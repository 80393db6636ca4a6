//! The journal of a device that was taken apart.

ghost use Rattle.control_core.specs.Deciding.{AreShort};
ghost use Rattle.block_shard.specs.journal_core.specs.Entries.{effects};
ghost use Rattle.block_shard.specs.journal_core.specs.Merging.{AllRise, merged};
ghost use Rattle.shared_device.specs.Closing.{IsClosed};
ghost use Rattle.shared_device.specs.declared.pass.Pass.{Pass};
ghost use Rattle.std.specs.Prelude.{◌≡◌, ◌+◌, ◌^◌, ◌<◌, ◌≤◌, List, flat_map, length, ℕ};

use block_shard::journal_core::Accesses;
use control_core::Control;
use control_core::kept_journal::{KeptEntries, WholeOfShards, whole_of_shards};

/// How many loads and stores the lists have.
fn count_all(lists: &[Accesses]) -> u64
    requires { length lists.now ≤ 16 }
    ensures count { result ≡ length (flat_map (λ entries. entries) lists.now) }
    ensures few { result ≤ 2 ^ 62 }
{
    let mut count = 0;
    for list in lists {
        count += list.as_slice().len() as u64;
    }
    count
}

/// How many entries there are.
fn count_entries(control: &KeptEntries, lists: &[Accesses]) -> u64
    requires { length lists.now ≤ 16 }
    ensures { result ≡ length (merged control.now.entries lists.now) }
{
    control.len() as u64 + count_all(lists)
}

/// Lends what `Shared::close` left as one journal, in the order of the stamps. It takes no memory and copies no entry.
pub fn lend_journal<'a>(control: &'a Control, shards: &'a [Accesses]) -> WholeOfShards<'a>
    requires shards { length shards.now ≡ 16 }
    requires rise { AllRise shards.now }
    requires closed { (seats : ℕ) × (passes : List Pass) × IsClosed control.now.config seats passes control.now.entries shards.now }
    ensures value { result ≡ merged control.now.entries shards.now }
    ensures effects { effects control.now.entries ≡ effects result }
    ensures short { AreShort result }
    ensures few { length result < 2 ^ 64 }
{
    let entries = control.entries();
    let _count = count_entries(entries, shards);
    whole_of_shards(entries, shards)
}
---
= TASK =
In the listing above, the lines from the one containing "fn count_entries(control: &KeptEntries, lists: &[Accesses])" through the last line are to be returned exactly.

= TASK RESULT =
fn count_entries(control: &KeptEntries, lists: &[Accesses]) -> u64
    requires { length lists.now ≤ 16 }
    ensures { result ≡ length (merged control.now.entries lists.now) }
{
    control.len() as u64 + count_all(lists)
}

/// Lends what `Shared::close` left as one journal, in the order of the stamps. It takes no memory and copies no entry.
pub fn lend_journal<'a>(control: &'a Control, shards: &'a [Accesses]) -> WholeOfShards<'a>
    requires shards { length shards.now ≡ 16 }
    requires rise { AllRise shards.now }
    requires closed { (seats : ℕ) × (passes : List Pass) × IsClosed control.now.config seats passes control.now.entries shards.now }
    ensures value { result ≡ merged control.now.entries shards.now }
    ensures effects { effects control.now.entries ≡ effects result }
    ensures short { AreShort result }
    ensures few { length result < 2 ^ 64 }
{
    let entries = control.entries();
    let _count = count_entries(entries, shards);
    whole_of_shards(entries, shards)
}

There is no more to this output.